*AIM OF THE TASK*
Print the first line of the material below and each line after it, exactly as written, ending with the line that contains "use Rattle.captures.specs.declared.link.kind.Link.TheVariants as".

*DATA FOR THIS EXERCISE*
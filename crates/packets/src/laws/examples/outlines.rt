//! What filters and summaries need of packets, by the table of docs/PACKETS.md.

ghost use Rattle.std.specs.Prelude.{◌≡◌, ℕ, List, [], ◌∷◌, ◌++◌, true, false, None, Some, Ok, Err, replicate};
ghost use Rattle.captures.specs.declared.link.kind.Link.TheVariants as link;
ghost use Rattle.ep_base.specs.declared.err.layer.Layer.TheVariants as layer;
ghost use Rattle.ep_base.specs.declared.len_source.LenSource.TheVariants as source;
ghost use Rattle.etherparse.specs.declared.defrag.ip_defrag_payload_vec.IpDefragPayloadVec.{IpDefragPayloadVec};
ghost use Rattle.etherparse.specs.declared.defrag.ip_defrag_error.IpDefragError.TheVariants as fragment_error;
ghost use Rattle.ep_ipslice.specs.LaxPackets.{LaxIpv6Packet};
ghost use Rattle.ep_ipslice.specs.Packet.{Ipv6Packet};
ghost use Rattle.ep_packet.specs.Readable.{message_at};
ghost use Rattle.ep_packet.specs.declared.err.packet.slice_error.SliceError.TheVariants as fault;
ghost use Rattle.ep_packet.specs.declared.net.lax_net_slice.LaxNetSlice.TheVariants as lax;
ghost use Rattle.ep_packet.specs.declared.net.net_slice.NetSlice.TheVariants as slice;
ghost use Rattle.ep_packet.specs.declared.sliced_packet.SlicedPacket.{SlicedPacket};
ghost use Rattle.ep_tag.specs.declared.link.lax_link_ext_slice.LaxLinkExtSlice.TheVariants as lax_tag;
ghost use Rattle.ep_tag.specs.declared.link.lax_macsec_slice.LaxMacsecSlice.{LaxMacsecSlice};
ghost use Rattle.ep_tag.specs.declared.link.link_ext_slice.LinkExtSlice.TheVariants as tag;
ghost use Rattle.ep_tag.specs.declared.link.macsec_slice.MacsecSlice.{MacsecSlice};
ghost use Rattle.ep_tcpudp.specs.declared.err.tcp.header_error.HeaderError.TheVariants as tcp;
ghost use Rattle.packets.specs.Examples.{arp_request, datagram_with, eighth, headers_over, in_part, ipv4_ends};
ghost use Rattle.packets.specs.Examples.{ipv4_header, ipv4_in_part, ipv6_ends};
ghost use Rattle.packets.specs.Examples.{ipv6_header, message, no_headers, outline_of_fragment, refused, segment_with};
ghost use Rattle.packets.specs.Outlines.{headers_of, is_ethernet, is_macsec, is_vlan, lax_headers_of};
ghost use Rattle.packets.specs.Outlines.{message_refusal, net_of};
ghost use Rattle.packets.specs.Outlines.{outline_of, fragment_state_of, fragment_refusal, refusal_of};
ghost use Rattle.packets.specs.declared.dissection.Dissection.{Dissection};
ghost use Rattle.packets.specs.declared.dissection.Fragment.TheVariants as fragment;
ghost use Rattle.packets.specs.declared.outline.Net.TheVariants as net;
ghost use Rattle.packets.specs.declared.outline.FragmentState.TheVariants as state;
ghost use Rattle.packets.specs.declared.reason.Reason.TheVariants as reason;
ghost use Rattle.checksum_verdicts.specs.declared.verdict.Verdict.TheVariants as verdict;

/// `eth` is a packet that was captured as an Ethernet frame, and on no other link.
pub fn links()
    ensures ethernet { is_ethernet link.Ethernet ≡ true }
    ensures others { (is_ethernet link.Ip ≡ false) × (is_ethernet link.Null ≡ false)
        × (is_ethernet link.Loop ≡ false) × (is_ethernet link.Sll ≡ false)
        × (is_ethernet link.Sll2 ≡ false) × (is_ethernet (link.Other 105) ≡ false) }
{}

/// The tag of VLAN 5 before an ARP packet (IEEE 802.1Q), and a MACsec header.
pub fn tags()
    ensures vlan { (is_vlan (tag.Vlan (0 ∷ 5 ∷ 8 ∷ 6 ∷ arp_request)) ≡ true)
        × (is_macsec (tag.Vlan (0 ∷ 5 ∷ 8 ∷ 6 ∷ arp_request)) ≡ false) }
    ensures macsec { (header : MacsecSlice) → (is_macsec (tag.Macsec header) ≡ true)
        × (is_vlan (tag.Macsec header) ≡ false) }
{}

/// The header of the network layer, with the number of the protocol it carries: of UDP, 17, also
/// after an authentication header (RFC 4302), which has 51.
pub fn headers_of_the_network_layer()
    ensures ipv4 { net_of (Some (slice.Ipv4 (record {
      header = ipv4_header 17;
      auth = None;
      payload = datagram_with 0x11 0xef;
    }))) ≡ Some (net.Ip ipv4_ends (record { 0 = 17 })) }
    ensures auth { net_of (Some (slice.Ipv4 (record {
      header = ipv4_header 51;
      auth = Some (17 ∷ 1 ∷ replicate 10 0);
      payload = [];
    }))) ≡ Some (net.Ip ipv4_ends (record { 0 = 17 })) }
    ensures ipv6 { (packet : Ipv6Packet) → packet.header ≡ ipv6_header
        → packet.payload.ip_number ≡ record { 0 = 17 }
        → net_of (Some (slice.Ipv6 packet)) ≡ Some (net.Ip ipv6_ends (record { 0 = 17 })) }
    ensures arp { net_of (Some (slice.Arp arp_request)) ≡ Some net.Arp }
    ensures none { net_of None ≡ None }
{}

/// The headers of an ARP packet in a VLAN; those that are there of a packet that breaks a format, of
/// which nothing may be known but that it was captured as an Ethernet frame.
pub fn headers_of_packets()
    ensures tagged { headers_of link.Sll2 (Ok (record {
      link = None;
      link_exts = record { items = tag.Vlan (0 ∷ 5 ∷ 8 ∷ 6 ∷ arp_request) ∷ [] };
      net = Some (slice.Arp arp_request);
      transport = None;
    })) None ≡ record { ethernet = false; vlan = true; macsec = false; net = Some net.Arp } }
    ensures inner { (header : MacsecSlice) → headers_of link.Ethernet (Ok (record {
      link = None;
      link_exts = record {
        items = tag.Macsec header ∷ tag.Vlan (0 ∷ 5 ∷ 0x88 ∷ 0xb5 ∷ []) ∷ [];
      };
      net = None;
      transport = None;
    })) None ≡ record { ethernet = true; vlan = true; macsec = true; net = None } }
    ensures plain { headers_of link.Ethernet (Ok (record {
      link = None;
      link_exts = record { items = [] };
      net = None;
      transport = None;
    })) None ≡ no_headers }
    ensures refused { (headers_of link.Ethernet (Err (fault.Tcp (tcp.DataOffsetTooSmall 4))) None
        ≡ no_headers)
        × (headers_of link.Ip (Err (fault.Tcp (tcp.DataOffsetTooSmall 4))) None
        ≡ record { ethernet = false; vlan = false; macsec = false; net = None })
        × (headers_of link.Ethernet (Err (fault.Tcp (tcp.DataOffsetTooSmall 4)))
        (Some (in_part (Some (ipv4_in_part 6 (segment_with 4))) None)) ≡ headers_over ipv4_ends 6) }
    ensures tagged_in_part { (header : LaxMacsecSlice) → lax_headers_of link.Ethernet (Some (record {
      link = None;
      link_exts = record {
        items = lax_tag.Macsec header ∷ lax_tag.Vlan (0 ∷ 5 ∷ 8 ∷ 6 ∷ []) ∷ [];
      };
      net = Some (lax.Arp arp_request);
      transport = None;
      stop_err = None;
    })) ≡ record { ethernet = true; vlan = true; macsec = true; net = Some net.Arp } }
    ensures ipv6_in_part { (packet : LaxIpv6Packet) → packet.header ≡ ipv6_header
        → packet.payload.ip_number ≡ record { 0 = 17 }
        → lax_headers_of link.Ethernet (Some (in_part (Some (lax.Ipv6 packet)) None))
        ≡ headers_over ipv6_ends 17 }
{}

/// Reassembled messages: a TCP header of 4 words is refused and one of 5 isn't; a UDP datagram of
/// which 11 of 12 bytes are there, and an ICMP message of 7 bytes; what isn't read is never
/// refused.
pub fn messages_are_refused()
    ensures segment { (message_refusal (message_at 6 (segment_with 4))
        ≡ Some reason.TcpDataOffset) × (message_refusal (message_at 6 (segment_with 5)) ≡ None) }
    ensures datagram { (message_refusal (message_at 17 (0 ∷ 53 ∷ 0x14 ∷ 0xe9 ∷ 0 ∷ 12 ∷ 0 ∷ 0 ∷ 97
        ∷ 98 ∷ 99 ∷ [])) ≡ Some (reason.CutOff layer.UdpPayload))
        × (message_refusal (message_at 17 (datagram_with 0x11 0xef)) ≡ None) }
    ensures icmp { message_refusal (message_at 1 (8 ∷ replicate 6 0))
        ≡ Some (reason.CutOff layer.Icmpv4) }
    ensures other { message_refusal (message_at 132 []) ≡ None }
{}

/// What became of a fragment, and why it is refused: one that waits isn't, and one that completes a
/// message is where that breaks its format.
pub fn parts()
    ensures states { (message : IpDefragPayloadVec) → (fragment_state_of None ≡ None)
        × (fragment_state_of (Some (fragment.Waits 5)) ≡ Some state.Waits)
        × (fragment_state_of (Some (fragment.Completes 5 message)) ≡ Some state.Completes)
        × (fragment_state_of (Some (fragment.Refused None (fragment_error.ConflictingEnd 24 32)))
        ≡ Some state.Refused) }
    ensures none { fragment_refusal None ≡ None }
    ensures waiting { fragment_refusal (Some (fragment.Waits 5)) ≡ None }
    ensures refused { fragment_refusal (Some (fragment.Refused (Some 3)
        (fragment_error.ConflictingEnd 24 32))) ≡ Some reason.FragmentEnd }
    ensures breaking { (message : IpDefragPayloadVec) → message.ip_number ≡ record { 0 = 6 }
        → message.payload.items ≡ segment_with 4
        → fragment_refusal (Some (fragment.Completes 5 message)) ≡ Some reason.TcpDataOffset }
    ensures completing { (message : IpDefragPayloadVec) → message.ip_number ≡ record { 0 = 6 }
        → message.payload.items ≡ segment_with 5
        → fragment_refusal (Some (fragment.Completes 5 message)) ≡ None }
{}

/// A packet is refused by its own headers, or as a fragment.
pub fn packets_are_refused()
    ensures headers { refusal_of (Err (fault.Tcp (tcp.DataOffsetTooSmall 4))) None
        ≡ Some reason.TcpDataOffset }
    ensures fragment { (packet : SlicedPacket) → refusal_of (Ok packet)
        (Some (fragment.Refused None (fragment_error.SegmentTooBig 8191 8 65535)))
        ≡ Some reason.FragmentTooLong }
    ensures waiting { (packet : SlicedPacket)
        → refusal_of (Ok packet) (Some (fragment.Waits 5)) ≡ None }
    ensures other { (packet : SlicedPacket) → refusal_of (Ok packet) None ≡ None }
{}

/// The eighth packet of the capture of docs/PACKETS.md, a TCP segment that breaks its format; the
/// seventh, an IPv4 header that is cut off; the sixth, which completes a message that started in the
/// fifth; and the second, whose checksum is wrong.
pub fn outlines_of_the_page()
    ensures eighth { outline_of eighth ≡ record (refused 8 7 54 reason.TcpDataOffset) { headers = headers_over ipv4_ends 6 } }
    ensures seventh { outline_of (record {
      number = 7;
      first_time = 1700000000250000000;
      previous_time = 1700000000875000000;
      time = 1700000001000000000;
      interface = 0;
      link = link.Ethernet;
      header = None;
      bytes = replicate 12 2 ++ 8 ∷ 0 ∷ 0x45 ∷ 0 ∷ 0 ∷ 28 ∷ 0 ∷ 1 ∷ 0 ∷ [];
      len = 21;
      captured_len = 21;
      wire_len = 21;
      layers = Err (fault.Len (record {
        required_len = 20;
        len = 7;
        len_source = source.Slice;
        layer = layer.Ipv4Header;
        layer_start_offset = 14;
      }));
      fragment = None;
      checksums = true;
      verdict = None;
    }) ≡ refused 7 6 21 (reason.CutOff layer.Ipv4Header) }
    ensures sixth { (message : IpDefragPayloadVec) → message.ip_number ≡ record { 0 = 17 }
        → message.payload.items ≡ datagram_with 0x11 0xef → outline_of (record {
          number = 6;
          first_time = 1700000000250000000;
          previous_time = 1700000000750000000;
          time = 1700000000875000000;
          interface = 0;
          link = link.Ethernet;
          header = None;
          bytes = [];
          len = 50;
          captured_len = 50;
          wire_len = 50;
          layers = Ok (record {
            link = None;
            link_exts = record { items = [] };
            net = Some (slice.Ipv4 (record {
              header = ipv4_header 17;
              auth = None;
              payload = replicate 16 0;
            }));
            transport = None;
          });
          fragment = Some (fragment.Completes 5 message);
          checksums = true;
          verdict = Some verdict.Good;
        }) ≡ outline_of_fragment 6 5 state.Completes (Some verdict.Good) }
    ensures second { outline_of (record {
      number = 2;
      first_time = 1700000000250000000;
      previous_time = 1700000000250000000;
      time = 1700000000375000000;
      interface = 0;
      link = link.Ethernet;
      header = None;
      bytes = [];
      len = 46;
      captured_len = 46;
      wire_len = 46;
      layers = Ok (record {
        link = None;
        link_exts = record { items = [] };
        net = Some (slice.Ipv4 (record {
          header = ipv4_header 17;
          auth = None;
          payload = datagram_with 0x11 0xf0;
        }));
        transport = None;
      });
      fragment = None;
      checksums = true;
      verdict = Some verdict.Bad;
    }) ≡ message 2 1 46 (headers_over ipv4_ends 17) (Some verdict.Bad) }
{}

/// A packet of which 96 of 1514 bytes were captured.
pub fn outlines_of_packets_that_were_cut()
    ensures captured { (packet : Dissection) → packet.captured_len ≡ 96
        → (outline_of packet).captured_len ≡ 96 }
    ensures wire { (packet : Dissection) → packet.wire_len ≡ 1514
        → (outline_of packet).wire_len ≡ 1514 }
{}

*YOUR SOLUTION*
filename crates/packets/src/laws/examples/outlines.rt
//! What filters and summaries need of packets, by the table of docs/PACKETS.md.

ghost use Rattle.std.specs.Prelude.{◌≡◌, ℕ, List, [], ◌∷◌, ◌++◌, true, false, None, Some, Ok, Err, replicate};
ghost use Rattle.captures.specs.declared.link.kind.Link.TheVariants as link;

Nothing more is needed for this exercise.